> Entries provided
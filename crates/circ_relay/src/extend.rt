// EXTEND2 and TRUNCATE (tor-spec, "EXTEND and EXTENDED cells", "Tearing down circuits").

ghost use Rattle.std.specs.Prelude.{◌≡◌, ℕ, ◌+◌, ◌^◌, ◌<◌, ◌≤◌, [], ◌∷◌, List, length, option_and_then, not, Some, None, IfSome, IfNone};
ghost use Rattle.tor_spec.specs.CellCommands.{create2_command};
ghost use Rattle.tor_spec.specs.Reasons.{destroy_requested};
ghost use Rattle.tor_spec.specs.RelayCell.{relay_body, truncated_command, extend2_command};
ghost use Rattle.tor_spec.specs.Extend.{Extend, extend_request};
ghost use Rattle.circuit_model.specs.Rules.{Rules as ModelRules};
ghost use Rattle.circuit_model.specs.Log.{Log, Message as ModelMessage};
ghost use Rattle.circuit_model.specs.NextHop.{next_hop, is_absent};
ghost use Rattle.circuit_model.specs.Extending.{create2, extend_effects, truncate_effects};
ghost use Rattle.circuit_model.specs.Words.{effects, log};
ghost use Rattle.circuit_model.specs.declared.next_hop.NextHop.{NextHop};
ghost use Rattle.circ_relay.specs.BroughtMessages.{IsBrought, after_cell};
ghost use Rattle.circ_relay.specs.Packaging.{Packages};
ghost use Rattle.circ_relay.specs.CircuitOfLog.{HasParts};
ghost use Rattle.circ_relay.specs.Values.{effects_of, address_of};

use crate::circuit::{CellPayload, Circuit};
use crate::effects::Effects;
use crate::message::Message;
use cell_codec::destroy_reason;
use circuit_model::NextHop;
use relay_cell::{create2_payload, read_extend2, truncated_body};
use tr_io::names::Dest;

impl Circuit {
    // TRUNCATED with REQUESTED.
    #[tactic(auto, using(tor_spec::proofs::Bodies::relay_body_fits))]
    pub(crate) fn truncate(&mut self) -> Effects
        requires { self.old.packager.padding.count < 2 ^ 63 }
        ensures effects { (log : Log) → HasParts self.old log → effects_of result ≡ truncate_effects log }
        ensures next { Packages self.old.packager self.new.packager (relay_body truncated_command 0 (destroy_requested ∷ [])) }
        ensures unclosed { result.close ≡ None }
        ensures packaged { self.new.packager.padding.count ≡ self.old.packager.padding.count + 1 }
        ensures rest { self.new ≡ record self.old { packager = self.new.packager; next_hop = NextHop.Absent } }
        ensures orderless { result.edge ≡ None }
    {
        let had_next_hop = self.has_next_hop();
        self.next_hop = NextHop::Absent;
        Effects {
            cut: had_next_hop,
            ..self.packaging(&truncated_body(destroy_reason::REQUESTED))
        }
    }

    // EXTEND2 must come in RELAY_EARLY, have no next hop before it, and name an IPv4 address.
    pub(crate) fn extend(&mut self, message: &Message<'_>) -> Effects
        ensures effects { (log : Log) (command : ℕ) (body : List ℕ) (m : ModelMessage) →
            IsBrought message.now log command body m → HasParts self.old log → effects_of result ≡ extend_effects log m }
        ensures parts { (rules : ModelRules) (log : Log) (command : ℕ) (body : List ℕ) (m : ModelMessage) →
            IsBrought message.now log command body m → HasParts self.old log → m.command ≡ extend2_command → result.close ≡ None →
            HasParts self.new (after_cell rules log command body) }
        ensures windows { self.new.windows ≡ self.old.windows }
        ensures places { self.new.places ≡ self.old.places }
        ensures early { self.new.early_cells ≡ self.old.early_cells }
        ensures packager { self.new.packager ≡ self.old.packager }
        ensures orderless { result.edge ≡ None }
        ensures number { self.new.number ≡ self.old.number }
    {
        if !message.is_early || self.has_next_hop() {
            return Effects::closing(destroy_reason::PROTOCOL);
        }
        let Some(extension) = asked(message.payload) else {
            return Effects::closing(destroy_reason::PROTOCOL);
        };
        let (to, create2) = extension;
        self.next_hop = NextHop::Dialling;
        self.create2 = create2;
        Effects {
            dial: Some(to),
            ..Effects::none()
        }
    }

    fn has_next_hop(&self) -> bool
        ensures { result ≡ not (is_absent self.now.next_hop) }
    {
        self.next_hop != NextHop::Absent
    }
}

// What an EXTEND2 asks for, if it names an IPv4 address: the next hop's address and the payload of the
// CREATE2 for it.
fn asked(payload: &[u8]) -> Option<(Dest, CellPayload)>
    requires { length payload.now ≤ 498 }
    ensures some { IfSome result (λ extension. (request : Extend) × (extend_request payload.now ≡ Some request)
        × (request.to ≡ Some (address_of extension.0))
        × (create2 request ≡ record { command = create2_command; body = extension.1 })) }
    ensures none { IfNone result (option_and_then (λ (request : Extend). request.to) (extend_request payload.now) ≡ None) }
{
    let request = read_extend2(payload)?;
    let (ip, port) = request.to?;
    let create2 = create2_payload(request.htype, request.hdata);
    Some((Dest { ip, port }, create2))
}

--

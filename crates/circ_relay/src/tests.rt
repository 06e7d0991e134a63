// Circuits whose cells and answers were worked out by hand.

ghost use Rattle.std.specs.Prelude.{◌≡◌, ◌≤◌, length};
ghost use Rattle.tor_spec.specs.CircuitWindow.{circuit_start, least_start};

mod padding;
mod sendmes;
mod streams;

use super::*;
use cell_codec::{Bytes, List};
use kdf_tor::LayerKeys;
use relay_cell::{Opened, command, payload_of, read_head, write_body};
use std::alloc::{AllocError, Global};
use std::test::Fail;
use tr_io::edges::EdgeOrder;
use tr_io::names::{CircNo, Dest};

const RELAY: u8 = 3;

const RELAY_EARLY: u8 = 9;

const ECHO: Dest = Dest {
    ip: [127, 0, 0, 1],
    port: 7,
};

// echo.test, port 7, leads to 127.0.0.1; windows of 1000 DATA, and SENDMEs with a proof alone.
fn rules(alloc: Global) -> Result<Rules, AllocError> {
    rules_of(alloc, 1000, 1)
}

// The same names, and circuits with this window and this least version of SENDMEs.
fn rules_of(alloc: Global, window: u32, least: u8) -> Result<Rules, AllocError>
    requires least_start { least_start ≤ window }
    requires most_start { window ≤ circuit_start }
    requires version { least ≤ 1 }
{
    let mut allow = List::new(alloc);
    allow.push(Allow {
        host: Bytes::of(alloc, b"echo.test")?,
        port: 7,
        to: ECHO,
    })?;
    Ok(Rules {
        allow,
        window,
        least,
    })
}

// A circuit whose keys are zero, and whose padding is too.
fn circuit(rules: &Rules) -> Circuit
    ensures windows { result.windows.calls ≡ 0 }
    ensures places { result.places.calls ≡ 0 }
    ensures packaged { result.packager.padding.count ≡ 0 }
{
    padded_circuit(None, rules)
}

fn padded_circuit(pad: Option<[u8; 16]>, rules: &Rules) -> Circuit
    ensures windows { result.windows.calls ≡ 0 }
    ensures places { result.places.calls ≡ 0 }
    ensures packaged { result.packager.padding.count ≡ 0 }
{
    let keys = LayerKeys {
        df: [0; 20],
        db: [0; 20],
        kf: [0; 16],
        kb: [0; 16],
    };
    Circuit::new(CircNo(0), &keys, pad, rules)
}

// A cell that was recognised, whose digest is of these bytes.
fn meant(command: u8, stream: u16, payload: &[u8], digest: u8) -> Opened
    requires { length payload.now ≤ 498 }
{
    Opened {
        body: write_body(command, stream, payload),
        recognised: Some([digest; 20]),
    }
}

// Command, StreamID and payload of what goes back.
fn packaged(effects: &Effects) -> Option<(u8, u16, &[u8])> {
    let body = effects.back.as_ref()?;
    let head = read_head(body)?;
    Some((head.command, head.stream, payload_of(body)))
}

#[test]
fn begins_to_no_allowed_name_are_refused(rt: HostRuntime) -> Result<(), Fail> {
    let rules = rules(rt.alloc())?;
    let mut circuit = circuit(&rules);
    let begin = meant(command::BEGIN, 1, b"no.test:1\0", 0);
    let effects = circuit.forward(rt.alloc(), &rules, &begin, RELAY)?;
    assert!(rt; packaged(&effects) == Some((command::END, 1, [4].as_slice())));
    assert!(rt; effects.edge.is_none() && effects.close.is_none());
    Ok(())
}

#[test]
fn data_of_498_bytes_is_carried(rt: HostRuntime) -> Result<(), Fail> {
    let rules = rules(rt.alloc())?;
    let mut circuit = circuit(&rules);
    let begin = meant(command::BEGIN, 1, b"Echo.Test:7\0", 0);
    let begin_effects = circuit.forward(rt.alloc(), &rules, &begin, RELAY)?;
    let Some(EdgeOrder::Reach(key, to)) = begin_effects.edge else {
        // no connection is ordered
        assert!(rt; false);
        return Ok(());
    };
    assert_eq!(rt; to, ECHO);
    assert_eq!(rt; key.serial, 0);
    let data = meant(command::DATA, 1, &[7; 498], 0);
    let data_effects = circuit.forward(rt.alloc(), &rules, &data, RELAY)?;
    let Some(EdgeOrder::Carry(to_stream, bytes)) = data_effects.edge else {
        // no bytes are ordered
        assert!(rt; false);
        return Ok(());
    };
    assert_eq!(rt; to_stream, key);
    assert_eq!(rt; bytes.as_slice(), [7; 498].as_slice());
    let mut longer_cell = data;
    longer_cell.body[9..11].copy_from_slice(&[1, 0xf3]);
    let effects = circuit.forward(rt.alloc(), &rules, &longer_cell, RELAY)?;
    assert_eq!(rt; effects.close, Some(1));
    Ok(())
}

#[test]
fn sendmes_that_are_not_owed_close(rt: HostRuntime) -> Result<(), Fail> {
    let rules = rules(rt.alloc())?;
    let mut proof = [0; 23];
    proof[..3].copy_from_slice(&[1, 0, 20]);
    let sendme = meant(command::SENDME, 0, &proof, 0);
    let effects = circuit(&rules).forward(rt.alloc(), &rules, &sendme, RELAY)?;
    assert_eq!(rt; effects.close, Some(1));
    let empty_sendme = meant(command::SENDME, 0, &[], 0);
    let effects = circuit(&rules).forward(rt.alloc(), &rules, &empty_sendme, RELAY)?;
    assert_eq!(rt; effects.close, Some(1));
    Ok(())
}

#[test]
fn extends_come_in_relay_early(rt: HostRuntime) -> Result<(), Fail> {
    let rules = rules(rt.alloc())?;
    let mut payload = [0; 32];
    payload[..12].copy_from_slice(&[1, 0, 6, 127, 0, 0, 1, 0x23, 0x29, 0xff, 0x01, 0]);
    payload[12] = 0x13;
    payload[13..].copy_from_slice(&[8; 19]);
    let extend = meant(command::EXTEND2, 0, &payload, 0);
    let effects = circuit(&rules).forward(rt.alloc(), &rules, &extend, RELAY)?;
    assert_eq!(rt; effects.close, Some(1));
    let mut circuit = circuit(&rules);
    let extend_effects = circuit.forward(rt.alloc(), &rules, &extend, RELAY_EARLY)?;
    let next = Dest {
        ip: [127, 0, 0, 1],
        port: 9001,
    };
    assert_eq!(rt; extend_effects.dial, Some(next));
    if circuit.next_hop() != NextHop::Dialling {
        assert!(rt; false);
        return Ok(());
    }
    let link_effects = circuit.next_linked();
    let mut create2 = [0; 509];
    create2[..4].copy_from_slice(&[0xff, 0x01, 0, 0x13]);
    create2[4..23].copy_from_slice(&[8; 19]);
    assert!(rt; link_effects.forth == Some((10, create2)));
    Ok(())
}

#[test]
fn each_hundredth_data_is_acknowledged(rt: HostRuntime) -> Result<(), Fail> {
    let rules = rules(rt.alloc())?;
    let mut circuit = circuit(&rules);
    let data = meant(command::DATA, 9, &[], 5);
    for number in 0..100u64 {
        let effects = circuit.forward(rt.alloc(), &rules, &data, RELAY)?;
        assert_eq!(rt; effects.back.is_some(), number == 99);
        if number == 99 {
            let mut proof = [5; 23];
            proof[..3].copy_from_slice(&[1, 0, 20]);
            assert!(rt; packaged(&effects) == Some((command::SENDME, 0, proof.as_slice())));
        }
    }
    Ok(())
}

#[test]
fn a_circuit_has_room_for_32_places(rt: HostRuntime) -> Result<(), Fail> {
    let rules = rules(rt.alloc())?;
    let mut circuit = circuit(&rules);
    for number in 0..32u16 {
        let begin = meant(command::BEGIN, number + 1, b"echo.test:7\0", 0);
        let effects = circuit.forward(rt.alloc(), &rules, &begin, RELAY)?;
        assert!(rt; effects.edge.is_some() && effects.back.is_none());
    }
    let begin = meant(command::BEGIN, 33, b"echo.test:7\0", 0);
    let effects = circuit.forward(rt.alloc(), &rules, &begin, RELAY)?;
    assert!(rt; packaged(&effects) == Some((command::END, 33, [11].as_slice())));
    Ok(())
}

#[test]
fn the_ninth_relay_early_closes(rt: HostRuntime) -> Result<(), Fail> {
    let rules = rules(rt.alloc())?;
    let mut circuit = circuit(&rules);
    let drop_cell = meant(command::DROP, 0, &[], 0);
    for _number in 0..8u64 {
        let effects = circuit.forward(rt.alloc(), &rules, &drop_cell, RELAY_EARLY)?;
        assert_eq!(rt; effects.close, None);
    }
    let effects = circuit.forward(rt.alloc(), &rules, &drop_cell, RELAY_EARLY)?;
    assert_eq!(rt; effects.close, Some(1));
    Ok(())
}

> Work to complete
Output the lines above between the one holding "self.old.packager.padding.count < 2" and the one holding "self.old.packager.padding.count + 1", inclusive, with nothing before or after them.

> Your response
        requires { self.old.packager.padding.count < 2 ^ 63 }
        ensures effects { (log : Log) → HasParts self.old log → effects_of result ≡ truncate_effects log }
        ensures next { Packages self.old.packager self.new.packager (relay_body truncated_command 0 (destroy_requested ∷ [])) }
        ensures unclosed { result.close ≡ None }
        ensures packaged { self.new.packager.padding.count ≡ self.old.packager.padding.count + 1 }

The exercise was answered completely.